──────── Data listing
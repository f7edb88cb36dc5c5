//! The logs in files, with the modules and plans that they are of.

ghost use Rattle.std.specs.Prelude.{◌≡◌, ◌⊎◌, ℕ, List, [], IfOk, IfErr, Ok, Some, None};
ghost use Rattle.replica.specs.Log.{log_of};
ghost use Rattle.commands.specs.Inputs.{IsLogOfLines, IsEmptyLog, IsLogFile, IsLinesRefused, lines_fault};
ghost use Rattle.thread_plan.specs.Plans.{IsPlanOf};
ghost use Rattle.commands.specs.Replays.{IsReplayInput, IsInputRefused};
ghost use Rattle.commands.specs.declared.fault.Fault.TheVariants as faults;
ghost use Rattle.replica.specs.declared.replica.Replica.{Replica};

use crate::fault::Fault;
use crate::files::{FileFault, Files, InputFile, open_file};
use crate::program::{Program, read_program};
use command_words::ReplayRequest;
use log::Log;
use replica::{GatherFault, Replica, collect};
use std::alloc::Global;
use wasm_types::{Block, Profile, RunKey};

/// The program's fault where the lines of a file are refused: a file of which a read failed is not read.
fn lines_fault(fault: GatherFault) -> Fault
    ensures { result ≡ lines_fault fault }
{
    match fault {
        GatherFault::SourceFailed => Fault::File(FileFault::NotRead, InputFile::Pieces),
        other => Fault::Gather(other),
    }
}

/// The log of the pieces whose lines a file holds, line by line; None where it has no line.
fn collect_file<L: Log, F: Files>(
    rt: &L,
    alloc: Global,
    files: &mut F,
    path: &str,
) -> Result<Option<Replica>, Fault>
    ensures gathered { (replica : Replica) → result ≡ Ok (Some replica) → (text : List ℕ) × F.holds files.old path.now text × IsLogOfLines text (log_of replica) }
    ensures none { result ≡ Ok None → F.holds files.old path.now [] }
    ensures refused { IfErr result (λ fault. IsLinesRefused (F.holds files.old path.now) (F.fails files.old path.now) fault) }
{
    let mut stream = match open_file(rt, alloc, files, path) {
        Ok(stream) => stream,
        Err(fault) => return Err(Fault::File(fault, InputFile::Pieces)),
    };
    match collect(alloc, &mut stream) {
        Ok(found) => Ok(found),
        Err(fault) => Err(lines_fault(fault)),
    }
}

/// The log of a module and a plan of which no piece is there.
fn empty_log(alloc: Global, program: &Program) -> Replica
    ensures { IsEmptyLog program.now.valid program.now.plan (log_of result) }
{
    let source = program.valid.module().source.as_slice();
    let profile = Profile::Two(Block::least());
    Replica::new(alloc, RunKey::of(source, program.plan.bytes(), 0, profile))
}

/// The log that the piece lines in a file give for a module and a plan.
fn read_log<L: Log, F: Files>(
    rt: &L,
    alloc: Global,
    files: &mut F,
    path: &str,
    program: &Program,
) -> Result<Replica, Fault>
    ensures found { IfOk result (λ replica. IsLogFile (F.holds files.old path.now) program.now.valid program.now.plan (log_of replica)) }
    ensures refused { IfErr result (λ fault. IsLinesRefused (F.holds files.old path.now) (F.fails files.old path.now) fault) }
{
    match collect_file(rt, alloc, files, path) {
        Ok(Some(replica)) => Ok(replica),
        Ok(None) => Ok(empty_log(alloc, program)),
        Err(fault) => Err(fault),
    }
}

/// What a replay is made of: a module, a plan for it, and a log.
#[derive(Drop)]
pub struct ReplayInput {
    pub program: Program,
    pub replica: Replica,
}

/// The module, the plan and the log in the files of a replay. The module is read and judged, then the plan, then the
/// piece lines.
pub fn read_replay_input<L: Log, F: Files>(
    rt: &L,
    alloc: Global,
    files: &mut F,
    request: &ReplayRequest<'_>,
) -> Result<ReplayInput, Fault>
    ensures found { IfOk result (λ input. IsReplayInput (F.holds files.old) request.now input.program.valid input.program.plan (log_of input.replica)) }
    ensures suits { IfOk result (λ input. IsPlanOf input.program.valid input.program.plan) }
    ensures refused { IfErr result (λ fault. IsInputRefused (F.holds files.old) (F.fails files.old) request.now fault) }
{
    let program = match read_program(rt, alloc, files, request.module, request.plan) {
        Ok(program) => program,
        Err(fault) => return Err(fault),
    };
    match read_log(rt, alloc, files, request.pieces, &program) {
        Ok(replica) => Ok(ReplayInput { program, replica }),
        Err(fault) => Err(fault),
    }
}
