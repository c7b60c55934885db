//! Worked cases of the crates on which the reader and the answers stand: the outside in memory, graphs, grammars,
//! problems and keys.
//!
//! It has no items but tests, a module for each crate. Start at `outside`.
#![tactic(auto)]

#[cfg(test)]
mod grammars;
#[cfg(test)]
mod graphs;
#[cfg(test)]
mod keys;
#[cfg(test)]
mod outside;
#[cfg(test)]
mod streams;
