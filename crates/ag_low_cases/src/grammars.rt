ghost use Rattle.ag_grammar.specs.Example.{nested_lists};

use ag_base::OutOfMemory;
use ag_grammar::Step::{Expand, Shift};
use ag_grammar::Symbol::{Nonterminal, Terminal};
use ag_grammar::{Grammar, Production, Step, Symbol, read};

const OPEN: u8 = 0;

const CLOSE: u8 = 1;

const NAME: u8 = 2;

const LIST: &[Production<'static>] = &[Production {
    name: 0,
    ahead: &[OPEN],
    right: &[Terminal(OPEN, 0), Nonterminal(1), Terminal(CLOSE, 0)],
}];

const ELEMENTS: &[Production<'static>] = &[
    Production {
        name: 1,
        ahead: &[OPEN, NAME],
        right: &[Nonterminal(2), Nonterminal(1)],
    },
    Production {
        name: 2,
        ahead: &[CLOSE],
        right: &[],
    },
];

const ELEMENT: &[Production<'static>] = &[
    Production {
        name: 3,
        ahead: &[NAME],
        right: &[Terminal(NAME, 1)],
    },
    Production {
        name: 4,
        ahead: &[OPEN],
        right: &[Nonterminal(0)],
    },
];

struct NestedLists;

impl Grammar for NestedLists {
    ghost plain = { λ _. nested_lists };

    fn start(&self) -> u8 {
        0
    }

    fn productions(&self, nonterminal: u8) -> &'static [Production<'static>] {
        match nonterminal {
            0 => LIST,
            1 => ELEMENTS,
            2 => ELEMENT,
            _ => &[],
        }
    }
}

// Lists of terminals, with the first bad place and the steps up to it.
#[test]
fn reads_lists(rt: HostRuntime) -> Result<(), OutOfMemory> {
    let rows: [(&[u8], Option<usize>, &[Step]); 6] = [
        (
            &[OPEN, NAME, OPEN, CLOSE, CLOSE],
            None,
            &[
                Expand(0),
                Shift(0),
                Expand(1),
                Expand(3),
                Shift(1),
                Expand(1),
                Expand(4),
                Expand(0),
                Shift(0),
                Expand(2),
                Shift(0),
                Expand(2),
                Shift(0),
            ],
        ),
        (&[], Some(0), &[]),
        (&[CLOSE], Some(0), &[]),
        (&[OPEN], Some(1), &[Expand(0), Shift(0)]),
        (&[OPEN, 9, CLOSE], Some(1), &[Expand(0), Shift(0)]),
        (
            &[OPEN, CLOSE, NAME],
            Some(2),
            &[Expand(0), Shift(0), Expand(2), Shift(0)],
        ),
    ];
    for (terminals, bad, steps) in &rows {
        let reading = read(rt.alloc(), &NestedLists, terminals)?;
        assert_eq!(rt; reading.bad, *bad);
        assert_eq!(rt; reading.steps.as_slice(), *steps);
    }
    Ok(())
}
────────────────
◆ Exercise goal ◆
Among the records above, find each line holding the string "IfErr" and pull it out.

◆ Exercise answer ◆
ghost use Rattle.std.specs.Prelude.{◌≡◌, ◌⊎◌, ℕ, List, [], IfOk, IfErr, Ok, Some, None};
    ensures refused { IfErr result (λ fault. IsLinesRefused (F.holds files.old path.now) (F.fails files.old path.now) fault) }
    ensures refused { IfErr result (λ fault. IsLinesRefused (F.holds files.old path.now) (F.fails files.old path.now) fault) }
    ensures refused { IfErr result (λ fault. IsInputRefused (F.holds files.old) (F.fails files.old) request.now fault) }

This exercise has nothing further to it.